RECORDS FOR THE EXERCISE
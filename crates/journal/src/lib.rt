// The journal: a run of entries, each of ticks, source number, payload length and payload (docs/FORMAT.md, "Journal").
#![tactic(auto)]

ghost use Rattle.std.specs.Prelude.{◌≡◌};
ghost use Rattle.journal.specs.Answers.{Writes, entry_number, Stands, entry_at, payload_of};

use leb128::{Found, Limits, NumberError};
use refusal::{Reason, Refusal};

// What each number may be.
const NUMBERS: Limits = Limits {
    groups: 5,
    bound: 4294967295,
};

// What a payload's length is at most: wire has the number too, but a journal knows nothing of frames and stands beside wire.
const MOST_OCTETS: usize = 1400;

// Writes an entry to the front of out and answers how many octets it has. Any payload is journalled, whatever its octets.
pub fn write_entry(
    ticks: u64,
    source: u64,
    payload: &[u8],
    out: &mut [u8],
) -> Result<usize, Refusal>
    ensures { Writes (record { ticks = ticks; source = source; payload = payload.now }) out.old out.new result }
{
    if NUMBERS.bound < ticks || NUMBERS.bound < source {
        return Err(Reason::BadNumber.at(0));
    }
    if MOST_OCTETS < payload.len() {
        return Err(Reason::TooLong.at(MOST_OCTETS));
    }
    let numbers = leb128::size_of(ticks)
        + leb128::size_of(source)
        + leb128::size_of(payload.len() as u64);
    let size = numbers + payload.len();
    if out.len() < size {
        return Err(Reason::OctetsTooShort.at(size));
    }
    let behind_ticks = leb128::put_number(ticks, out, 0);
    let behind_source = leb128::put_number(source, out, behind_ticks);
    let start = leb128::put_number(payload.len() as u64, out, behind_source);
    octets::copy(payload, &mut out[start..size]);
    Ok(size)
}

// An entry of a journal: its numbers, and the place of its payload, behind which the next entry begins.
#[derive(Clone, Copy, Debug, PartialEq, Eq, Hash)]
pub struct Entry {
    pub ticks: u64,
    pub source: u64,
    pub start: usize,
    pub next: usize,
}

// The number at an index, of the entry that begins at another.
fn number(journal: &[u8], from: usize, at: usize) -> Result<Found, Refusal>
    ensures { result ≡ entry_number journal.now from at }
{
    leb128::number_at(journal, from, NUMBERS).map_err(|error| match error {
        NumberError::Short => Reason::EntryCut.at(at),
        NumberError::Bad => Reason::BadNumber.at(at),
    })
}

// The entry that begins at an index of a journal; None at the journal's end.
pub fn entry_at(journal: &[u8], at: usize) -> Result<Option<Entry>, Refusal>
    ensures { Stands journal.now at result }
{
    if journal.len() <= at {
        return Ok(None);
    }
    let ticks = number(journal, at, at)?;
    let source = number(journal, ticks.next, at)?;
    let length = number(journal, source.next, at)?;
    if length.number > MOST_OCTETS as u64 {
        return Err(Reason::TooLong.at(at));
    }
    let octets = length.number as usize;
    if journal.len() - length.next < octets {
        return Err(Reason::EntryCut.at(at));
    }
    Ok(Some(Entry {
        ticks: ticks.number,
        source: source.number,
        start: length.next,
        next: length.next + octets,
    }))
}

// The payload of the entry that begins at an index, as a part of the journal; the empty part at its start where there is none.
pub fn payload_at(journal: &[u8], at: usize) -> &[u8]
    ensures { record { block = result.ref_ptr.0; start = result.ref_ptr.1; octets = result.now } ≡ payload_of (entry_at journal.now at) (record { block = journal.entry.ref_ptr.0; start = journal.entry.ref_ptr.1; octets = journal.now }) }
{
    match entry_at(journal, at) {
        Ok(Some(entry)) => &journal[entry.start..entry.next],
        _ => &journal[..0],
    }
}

TASK DESCRIPTION
Output the full listing without altering anything.

WRITTEN REPLY
filename crates/journal/src/lib.rt
// The journal: a run of entries, each of ticks, source number, payload length and payload (docs/FORMAT.md, "Journal").
#![tactic(auto)]

ghost use Rattle.std.specs.Prelude.{◌≡◌};
ghost use Rattle.journal.specs.Answers.{Writes, entry_number, Stands, entry_at, payload_of};

use leb128::{Found, Limits, NumberError};
use refusal::{Reason, Refusal};

// What each number may be.
const NUMBERS: Limits = Limits {
    groups: 5,
    bound: 4294967295,
};

// What a payload's length is at most: wire has the number too, but a journal knows nothing of frames and stands beside wire.
const MOST_OCTETS: usize = 1400;

// Writes an entry to the front of out and answers how many octets it has. Any payload is journalled, whatever its octets.
pub fn write_entry(
    ticks: u64,
    source: u64,
    payload: &[u8],
    out: &mut [u8],
) -> Result<usize, Refusal>
    ensures { Writes (record { ticks = ticks; source = source; payload = payload.now }) out.old out.new result }
{
    if NUMBERS.bound < ticks || NUMBERS.bound < source {
        return Err(Reason::BadNumber.at(0));
    }
    if MOST_OCTETS < payload.len() {
        return Err(Reason::TooLong.at(MOST_OCTETS));
    }
    let numbers = leb128::size_of(ticks)
        + leb128::size_of(source)
        + leb128::size_of(payload.len() as u64);
    let size = numbers + payload.len();
    if out.len() < size {
        return Err(Reason::OctetsTooShort.at(size));
    }
    let behind_ticks = leb128::put_number(ticks, out, 0);
    let behind_source = leb128::put_number(source, out, behind_ticks);
    let start = leb128::put_number(payload.len() as u64, out, behind_source);
    octets::copy(payload, &mut out[start..size]);
    Ok(size)
}

// An entry of a journal: its numbers, and the place of its payload, behind which the next entry begins.
#[derive(Clone, Copy, Debug, PartialEq, Eq, Hash)]
pub struct Entry {
    pub ticks: u64,
    pub source: u64,
    pub start: usize,
    pub next: usize,
}

// The number at an index, of the entry that begins at another.
fn number(journal: &[u8], from: usize, at: usize) -> Result<Found, Refusal>
    ensures { result ≡ entry_number journal.now from at }
{
    leb128::number_at(journal, from, NUMBERS).map_err(|error| match error {
        NumberError::Short => Reason::EntryCut.at(at),
        NumberError::Bad => Reason::BadNumber.at(at),
    })
}

// The entry that begins at an index of a journal; None at the journal's end.
pub fn entry_at(journal: &[u8], at: usize) -> Result<Option<Entry>, Refusal>
    ensures { Stands journal.now at result }
{
    if journal.len() <= at {
        return Ok(None);
    }
    let ticks = number(journal, at, at)?;
    let source = number(journal, ticks.next, at)?;
    let length = number(journal, source.next, at)?;
    if length.number > MOST_OCTETS as u64 {
        return Err(Reason::TooLong.at(at));
    }
    let octets = length.number as usize;
    if journal.len() - length.next < octets {
        return Err(Reason::EntryCut.at(at));
    }
    Ok(Some(Entry {
        ticks: ticks.number,
        source: source.number,
        start: length.next,
        next: length.next + octets,
    }))
}

// The payload of the entry that begins at an index, as a part of the journal; the empty part at its start where there is none.
pub fn payload_at(journal: &[u8], at: usize) -> &[u8]
    ensures { record { block = result.ref_ptr.0; start = result.ref_ptr.1; octets = result.now } ≡ payload_of (entry_at journal.now at) (record { block = journal.entry.ref_ptr.0; start = journal.entry.ref_ptr.1; octets = journal.now }) }
{
    match entry_at(journal, at) {
        Ok(Some(entry)) => &journal[entry.start..entry.next],
        _ => &journal[..0],
    }
}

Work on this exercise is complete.